Figure 1 (A) The flowchart of experimental design. (B) Schematic of experimental setup. One-day-old male C57BL/6 mice were intraperitoneally injected with 30 μl of MPyV (105 copies/μl). All mice were individually housed in a biosafety level 2 room until week 9. IRI was established by clamping the left renal pedicle for 30 min. IS treatment was achieved by gastric gavage of tacrolimus (2.5 mg/kg) and mycophenolic acid (50 mg/kg) daily. The control group did not receive any treatment. MPyV, mouse polyomavirus; IRI, ischemia–reperfusion injury; IS, immunosuppressant; BKPyVAN, BK polyomavirus-associated nephropathy; WGCNA, weighted gene correlation network analysis; KEGG, Kyoto Encyclopedia of Genes and Genomes; PPI, protein–protein interaction; mRNA-seq, messenger RNA sequencing.
Histological Evaluation
Kidneys were fixed in 10% neutral-buffered formalin and embedded in paraffin. The paraffin sections of 3-μm thickness were stained with H&E. The slides were observed by an experienced renal pathologist (S-CY) in a single-blind fashion to evaluate the morphology evidence of IRI and polyomavirus infection. IRI mainly presented as acute renal tubular injury, which was defined as tubular dilatation, epithelial swelling, flattening, sloughing, or coagulative necrosis in non-atrophic tubules. MPyV infection was histopathologically defined as the presence of viral inclusion bodies.
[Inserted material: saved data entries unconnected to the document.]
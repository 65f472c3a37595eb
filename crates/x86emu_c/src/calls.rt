//! The calls that make a machine, end it, and set and read its state.

ghost use Rattle.std.specs.Prelude.{◌≡◌, ◌<◌, length, Some, None, Option, true};
ghost use Rattle.xe_base.specs.Ram.{bytes_of};
ghost use Rattle.xe_base.specs.State.{broken};
ghost use Rattle.xe_ctx.specs.Machine.{first_hole};
ghost use Rattle.x86emu_c.specs.Emulated.{Emulated, machine_in, cpu_status, if_idle, with_cpu, hole_status, with_bytes, rule_of};
ghost use Rattle.x86emu_c.specs.Registers.{cpu_of};

use crate::handle::Handle;
use crate::registers::X86emuCpu;
use crate::status::{NO_MACHINE, OK};
use std::alloc::Global;

/// The number of this face; another one has other structs, numbers or calls.
const ABI: u32 = 1;

#[unsafe(no_mangle)]
pub extern "C" fn x86emu_abi() -> u32
    ensures { result ≡ 1 }
{
    ABI
}

#[unsafe(no_mangle)]
pub extern "C" fn x86emu_destroy(alloc: Global, m: &mut Handle) -> u32
    ensures none { machine_in m.old ≡ None → result ≡ 1 }
    ensures ended { (e : Emulated) → machine_in m.old ≡ Some e → result ≡ 0 }
    ensures left { machine_in m.new ≡ None }
{
    match m.take(alloc) {
        Some(_) => OK,
        None => NO_MACHINE,
    }
}

#[unsafe(no_mangle)]
pub extern "C" fn x86emu_check_cpu(cpu: &X86emuCpu) -> u32
    ensures { result ≡ rule_of (broken (cpu_of cpu.now)) }
{
    match cpu.cpu().check() {
        Ok(()) => 0,
        Err(bad) => u32::from(bad.rule),
    }
}

#[unsafe(no_mangle)]
pub extern "C" fn x86emu_set_cpu(alloc: Global, m: &mut Handle, cpu: &X86emuCpu) -> u32
    ensures none { machine_in m.old ≡ None → result ≡ 1 }
    ensures status { (e : Emulated) → machine_in m.old ≡ Some e → result ≡ if_idle e.kept.asked (cpu_status (broken (cpu_of cpu.now))) }
    ensures set { (e : Emulated) → machine_in m.old ≡ Some e → result ≡ 0 → machine_in m.new ≡ Some (with_cpu e (cpu_of cpu.now)) }
    ensures stays { 0 < result → machine_in m.new ≡ machine_in m.old }
{
    let Some(mut b) = m.take(alloc) else {
        return NO_MACHINE;
    };
    let status = b.set_cpu(cpu.cpu());
    *m = Handle::of(b);
    status
}

#[unsafe(no_mangle)]
pub extern "C" fn x86emu_get_cpu(alloc: Global, m: &mut Handle, cpu: &mut X86emuCpu) -> u32
    ensures none { machine_in m.old ≡ None → result ≡ 1 }
    ensures got { (e : Emulated) → machine_in m.old ≡ Some e → (result ≡ 0) × (cpu_of cpu.new ≡ e.state.cpu) }
    ensures stays { machine_in m.new ≡ machine_in m.old }
{
    let Some(b) = m.take(alloc) else {
        return NO_MACHINE;
    };
    *cpu = X86emuCpu::of(b.machine.cpu());
    *m = Handle::of(b);
    OK
}

#[unsafe(no_mangle)]
pub extern "C" fn x86emu_read(alloc: Global, m: &mut Handle, pa: u64, out: &mut [u8]) -> u32
    ensures none { machine_in m.old ≡ None → result ≡ 1 }
    ensures status { (e : Emulated) → machine_in m.old ≡ Some e → result ≡ hole_status (first_hole e.state.ram pa (length out.old)) }
    ensures read { (e : Emulated) → machine_in m.old ≡ Some e → result ≡ 0 → out.new ≡ bytes_of e.state.ram pa (length out.old) }
    ensures kept { 0 < result → out.new ≡ out.old }
    ensures stays { machine_in m.new ≡ machine_in m.old }
{
    let Some(b) = m.take(alloc) else {
        return NO_MACHINE;
    };
    let status = b.read(pa, out);
    *m = Handle::of(b);
    status
}

#[unsafe(no_mangle)]
pub extern "C" fn x86emu_write(alloc: Global, m: &mut Handle, pa: u64, bytes: &[u8]) -> u32
    ensures none { machine_in m.old ≡ None → result ≡ 1 }
    ensures status { (e : Emulated) → machine_in m.old ≡ Some e → result ≡ hole_status (first_hole e.state.ram pa (length bytes.now)) }
    ensures written { (e : Emulated) → machine_in m.old ≡ Some e → result ≡ 0 → machine_in m.new ≡ Some (with_bytes e pa bytes.now) }
    ensures stays { 0 < result → machine_in m.new ≡ machine_in m.old }
{
    let Some(mut b) = m.take(alloc) else {
        return NO_MACHINE;
    };
    let status = b.write(pa, bytes);
    *m = Handle::of(b);
    status
}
RNA Isolation, Library Preparation, and Sequencing
Deep sequencing of transcriptional profiling in kidney tissues was performed on day 3 and day 7 in the IRI and IS groups, respectively. For RNA-seq analysis, each RNA sample was run in triplicate. Total RNAs were extracted from samples using the RNeasyMini Kit (Qiagen, Hilden, Germany). RNA quality was assessed by using NanoDrop (Thermo Fisher Scientific, Waltham, MA, USA) and Qubit Fluorometer (Invitrogen, Carlsbad, CA, USA). High-quality RNA samples (28 S/18 S = 2.0–2.2, RIN > 9.0) were used to construct sequencing libraries following a standardized paired-end read procedure on the Illumina HiSeq 2000 Sequencing platform (KeyGEN, Beijing, China). The raw data in FASTQ format were processed using fastp 0.20.0 (5). Clean data (clean reads) were obtained after quality control, adapter trimming, quality filtering, and per-read quality cutting. All downstream analyses were performed on high-quality clean data. Gene expression was quantified using Salmon software 0.11.2 (6). The high-throughput RNA sequencing data reported in this study have been deposited in the Gene Expression Omnibus database (GSE192576).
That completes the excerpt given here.